+++ RECORD EXTRACTS

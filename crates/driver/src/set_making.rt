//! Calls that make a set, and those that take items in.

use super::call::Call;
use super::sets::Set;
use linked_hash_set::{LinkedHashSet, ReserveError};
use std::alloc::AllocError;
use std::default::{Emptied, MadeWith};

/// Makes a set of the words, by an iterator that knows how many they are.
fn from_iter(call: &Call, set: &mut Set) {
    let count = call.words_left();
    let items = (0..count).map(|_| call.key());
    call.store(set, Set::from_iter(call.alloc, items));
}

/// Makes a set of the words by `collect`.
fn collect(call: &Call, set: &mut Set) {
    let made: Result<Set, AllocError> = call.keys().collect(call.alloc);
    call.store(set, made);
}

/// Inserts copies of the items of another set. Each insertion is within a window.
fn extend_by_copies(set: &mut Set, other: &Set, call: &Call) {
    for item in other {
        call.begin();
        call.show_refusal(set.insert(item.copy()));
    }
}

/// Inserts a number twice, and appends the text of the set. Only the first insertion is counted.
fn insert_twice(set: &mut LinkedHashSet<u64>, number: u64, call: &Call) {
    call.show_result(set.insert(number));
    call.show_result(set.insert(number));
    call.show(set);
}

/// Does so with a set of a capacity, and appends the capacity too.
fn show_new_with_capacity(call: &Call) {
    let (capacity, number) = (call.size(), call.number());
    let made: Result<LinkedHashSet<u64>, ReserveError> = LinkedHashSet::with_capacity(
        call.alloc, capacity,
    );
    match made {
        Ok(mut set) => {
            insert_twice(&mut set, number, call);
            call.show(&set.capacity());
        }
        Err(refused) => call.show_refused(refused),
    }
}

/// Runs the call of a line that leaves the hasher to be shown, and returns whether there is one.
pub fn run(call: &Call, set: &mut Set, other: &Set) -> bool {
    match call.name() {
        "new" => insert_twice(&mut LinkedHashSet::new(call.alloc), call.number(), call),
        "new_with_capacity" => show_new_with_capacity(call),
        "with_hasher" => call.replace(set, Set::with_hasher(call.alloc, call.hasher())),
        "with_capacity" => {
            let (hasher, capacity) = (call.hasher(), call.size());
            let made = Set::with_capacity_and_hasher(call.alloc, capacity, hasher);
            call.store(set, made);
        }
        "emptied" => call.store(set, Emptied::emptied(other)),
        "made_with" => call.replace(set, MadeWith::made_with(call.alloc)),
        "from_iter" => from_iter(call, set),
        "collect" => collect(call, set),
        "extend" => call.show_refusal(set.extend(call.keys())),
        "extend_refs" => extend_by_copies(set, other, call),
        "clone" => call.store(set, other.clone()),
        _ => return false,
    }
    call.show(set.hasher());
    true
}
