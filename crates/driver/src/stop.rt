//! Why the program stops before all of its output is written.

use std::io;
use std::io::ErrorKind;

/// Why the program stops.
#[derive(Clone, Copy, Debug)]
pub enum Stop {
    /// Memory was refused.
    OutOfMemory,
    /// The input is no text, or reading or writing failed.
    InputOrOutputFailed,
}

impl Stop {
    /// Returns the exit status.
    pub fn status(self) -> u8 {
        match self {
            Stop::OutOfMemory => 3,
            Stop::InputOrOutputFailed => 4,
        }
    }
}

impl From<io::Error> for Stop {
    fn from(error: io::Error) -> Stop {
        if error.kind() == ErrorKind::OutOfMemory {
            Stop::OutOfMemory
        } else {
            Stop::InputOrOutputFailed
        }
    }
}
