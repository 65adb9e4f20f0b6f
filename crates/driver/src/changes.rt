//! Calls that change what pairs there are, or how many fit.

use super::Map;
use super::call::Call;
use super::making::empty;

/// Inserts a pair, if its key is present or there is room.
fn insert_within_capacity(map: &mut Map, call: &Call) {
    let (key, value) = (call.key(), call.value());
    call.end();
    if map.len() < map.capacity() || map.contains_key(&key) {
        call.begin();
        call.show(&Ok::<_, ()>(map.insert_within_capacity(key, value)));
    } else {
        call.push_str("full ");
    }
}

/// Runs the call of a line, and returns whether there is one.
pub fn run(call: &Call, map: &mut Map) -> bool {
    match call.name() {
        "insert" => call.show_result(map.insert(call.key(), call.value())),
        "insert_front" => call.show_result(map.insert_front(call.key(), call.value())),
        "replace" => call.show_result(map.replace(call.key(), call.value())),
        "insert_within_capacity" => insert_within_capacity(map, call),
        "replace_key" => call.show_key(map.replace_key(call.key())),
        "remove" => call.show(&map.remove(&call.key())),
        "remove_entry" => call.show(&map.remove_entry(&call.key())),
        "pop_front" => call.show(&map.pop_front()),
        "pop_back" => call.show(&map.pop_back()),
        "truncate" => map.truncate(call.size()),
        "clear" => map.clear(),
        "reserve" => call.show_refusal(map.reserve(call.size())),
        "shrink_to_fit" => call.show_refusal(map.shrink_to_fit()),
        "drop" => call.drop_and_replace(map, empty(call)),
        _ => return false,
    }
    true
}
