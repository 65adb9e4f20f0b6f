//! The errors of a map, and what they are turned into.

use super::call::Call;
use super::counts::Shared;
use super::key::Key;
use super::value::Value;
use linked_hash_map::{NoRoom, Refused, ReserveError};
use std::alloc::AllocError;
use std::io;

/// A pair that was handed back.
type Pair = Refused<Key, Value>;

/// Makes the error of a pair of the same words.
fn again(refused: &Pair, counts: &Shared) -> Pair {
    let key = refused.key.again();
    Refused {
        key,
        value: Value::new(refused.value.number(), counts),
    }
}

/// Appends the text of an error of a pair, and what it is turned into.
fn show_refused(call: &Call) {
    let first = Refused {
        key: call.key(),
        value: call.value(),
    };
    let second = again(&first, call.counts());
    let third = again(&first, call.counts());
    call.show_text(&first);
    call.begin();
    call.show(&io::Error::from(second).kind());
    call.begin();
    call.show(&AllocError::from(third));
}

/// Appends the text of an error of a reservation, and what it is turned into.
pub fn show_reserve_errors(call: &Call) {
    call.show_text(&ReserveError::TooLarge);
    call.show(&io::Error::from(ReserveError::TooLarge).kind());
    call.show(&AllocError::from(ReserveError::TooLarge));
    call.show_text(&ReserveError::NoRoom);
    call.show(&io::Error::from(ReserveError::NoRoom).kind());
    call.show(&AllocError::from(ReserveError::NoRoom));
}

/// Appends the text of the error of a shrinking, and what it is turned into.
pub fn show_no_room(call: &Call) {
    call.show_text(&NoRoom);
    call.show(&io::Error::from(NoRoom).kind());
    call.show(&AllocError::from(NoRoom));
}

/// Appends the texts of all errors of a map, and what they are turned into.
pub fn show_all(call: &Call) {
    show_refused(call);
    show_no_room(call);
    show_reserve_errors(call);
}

++++++

• [EXERCISE GOAL] Send back each record exactly as it stands.

• [ANSWER FOR THE TASK]
filename crates/driver/src/set_making.rt
//! Calls that make a set, and those that take items in.

use super::call::Call;
use super::sets::Set;
use linked_hash_set::{LinkedHashSet, ReserveError};
use std::alloc::AllocError;
use std::default::{Emptied, MadeWith};

/// Makes a set of the words, by an iterator that knows how many they are.
fn from_iter(call: &Call, set: &mut Set) {
    let count = call.words_left();
    let items = (0..count).map(|_| call.key());
    call.store(set, Set::from_iter(call.alloc, items));
}

/// Makes a set of the words by `collect`.
fn collect(call: &Call, set: &mut Set) {
    let made: Result<Set, AllocError> = call.keys().collect(call.alloc);
    call.store(set, made);
}

/// Inserts copies of the items of another set. Each insertion is within a window.
fn extend_by_copies(set: &mut Set, other: &Set, call: &Call) {
    for item in other {
        call.begin();
        call.show_refusal(set.insert(item.copy()));
    }
}

/// Inserts a number twice, and appends the text of the set. Only the first insertion is counted.
fn insert_twice(set: &mut LinkedHashSet<u64>, number: u64, call: &Call) {
    call.show_result(set.insert(number));
    call.show_result(set.insert(number));
    call.show(set);
}

/// Does so with a set of a capacity, and appends the capacity too.
fn show_new_with_capacity(call: &Call) {
    let (capacity, number) = (call.size(), call.number());
    let made: Result<LinkedHashSet<u64>, ReserveError> = LinkedHashSet::with_capacity(
        call.alloc, capacity,
    );
    match made {
        Ok(mut set) => {
            insert_twice(&mut set, number, call);
            call.show(&set.capacity());
        }
        Err(refused) => call.show_refused(refused),
    }
}

/// Runs the call of a line that leaves the hasher to be shown, and returns whether there is one.
pub fn run(call: &Call, set: &mut Set, other: &Set) -> bool {
    match call.name() {
        "new" => insert_twice(&mut LinkedHashSet::new(call.alloc), call.number(), call),
        "new_with_capacity" => show_new_with_capacity(call),
        "with_hasher" => call.replace(set, Set::with_hasher(call.alloc, call.hasher())),
        "with_capacity" => {
            let (hasher, capacity) = (call.hasher(), call.size());
            let made = Set::with_capacity_and_hasher(call.alloc, capacity, hasher);
            call.store(set, made);
        }
        "emptied" => call.store(set, Emptied::emptied(other)),
        "made_with" => call.replace(set, MadeWith::made_with(call.alloc)),
        "from_iter" => from_iter(call, set),
        "collect" => collect(call, set),
        "extend" => call.show_refusal(set.extend(call.keys())),
        "extend_refs" => extend_by_copies(set, other, call),
        "clone" => call.store(set, other.clone()),
        _ => return false,
    }
    call.show(set.hasher());
    true
}
filename crates/driver/src/stop.rt
//! Why the program stops before all of its output is written.

use std::io;
use std::io::ErrorKind;

/// Why the program stops.
#[derive(Clone, Copy, Debug)]
pub enum Stop {
    /// Memory was refused.
    OutOfMemory,
    /// The input is no text, or reading or writing failed.
    InputOrOutputFailed,
}

impl Stop {
    /// Returns the exit status.
    pub fn status(self) -> u8 {
        match self {
            Stop::OutOfMemory => 3,
            Stop::InputOrOutputFailed => 4,
        }
    }
}

impl From<io::Error> for Stop {
    fn from(error: io::Error) -> Stop {
        if error.kind() == ErrorKind::OutOfMemory {
            Stop::OutOfMemory
        } else {
            Stop::InputOrOutputFailed
        }
    }
}
repository 65adb9e4f20f0b6f
filename crates/driver/src/changes.rt
//! Calls that change what pairs there are, or how many fit.

use super::Map;
use super::call::Call;
use super::making::empty;

/// Inserts a pair, if its key is present or there is room.
fn insert_within_capacity(map: &mut Map, call: &Call) {
    let (key, value) = (call.key(), call.value());
    call.end();
    if map.len() < map.capacity() || map.contains_key(&key) {
        call.begin();
        call.show(&Ok::<_, ()>(map.insert_within_capacity(key, value)));
    } else {
        call.push_str("full ");
    }
}

/// Runs the call of a line, and returns whether there is one.
pub fn run(call: &Call, map: &mut Map) -> bool {
    match call.name() {
        "insert" => call.show_result(map.insert(call.key(), call.value())),
        "insert_front" => call.show_result(map.insert_front(call.key(), call.value())),
        "replace" => call.show_result(map.replace(call.key(), call.value())),
        "insert_within_capacity" => insert_within_capacity(map, call),
        "replace_key" => call.show_key(map.replace_key(call.key())),
        "remove" => call.show(&map.remove(&call.key())),
        "remove_entry" => call.show(&map.remove_entry(&call.key())),
        "pop_front" => call.show(&map.pop_front()),
        "pop_back" => call.show(&map.pop_back()),
        "truncate" => map.truncate(call.size()),
        "clear" => map.clear(),
        "reserve" => call.show_refusal(map.reserve(call.size())),
        "shrink_to_fit" => call.show_refusal(map.shrink_to_fit()),
        "drop" => call.drop_and_replace(map, empty(call)),
        _ => return false,
    }
    true
}
repository 65adb9e4f20f0b6f
//! The errors of a map, and what they are turned into.

use super::call::Call;
use super::counts::Shared;
use super::key::Key;
use super::value::Value;
use linked_hash_map::{NoRoom, Refused, ReserveError};
use std::alloc::AllocError;
use std::io;

/// A pair that was handed back.
type Pair = Refused<Key, Value>;

/// Makes the error of a pair of the same words.
fn again(refused: &Pair, counts: &Shared) -> Pair {
    let key = refused.key.again();
    Refused {
        key,
        value: Value::new(refused.value.number(), counts),
    }
}

/// Appends the text of an error of a pair, and what it is turned into.
fn show_refused(call: &Call) {
    let first = Refused {
        key: call.key(),
        value: call.value(),
    };
    let second = again(&first, call.counts());
    let third = again(&first, call.counts());
    call.show_text(&first);
    call.begin();
    call.show(&io::Error::from(second).kind());
    call.begin();
    call.show(&AllocError::from(third));
}

/// Appends the text of an error of a reservation, and what it is turned into.
pub fn show_reserve_errors(call: &Call) {
    call.show_text(&ReserveError::TooLarge);
    call.show(&io::Error::from(ReserveError::TooLarge).kind());
    call.show(&AllocError::from(ReserveError::TooLarge));
    call.show_text(&ReserveError::NoRoom);
    call.show(&io::Error::from(ReserveError::NoRoom).kind());
    call.show(&AllocError::from(ReserveError::NoRoom));
}

/// Appends the text of the error of a shrinking, and what it is turned into.
pub fn show_no_room(call: &Call) {
    call.show_text(&NoRoom);
    call.show(&io::Error::from(NoRoom).kind());
    call.show(&AllocError::from(NoRoom));
}

/// Appends the texts of all errors of a map, and what they are turned into.
pub fn show_all(call: &Call) {
    show_refused(call);
    show_no_room(call);
    show_reserve_errors(call);
}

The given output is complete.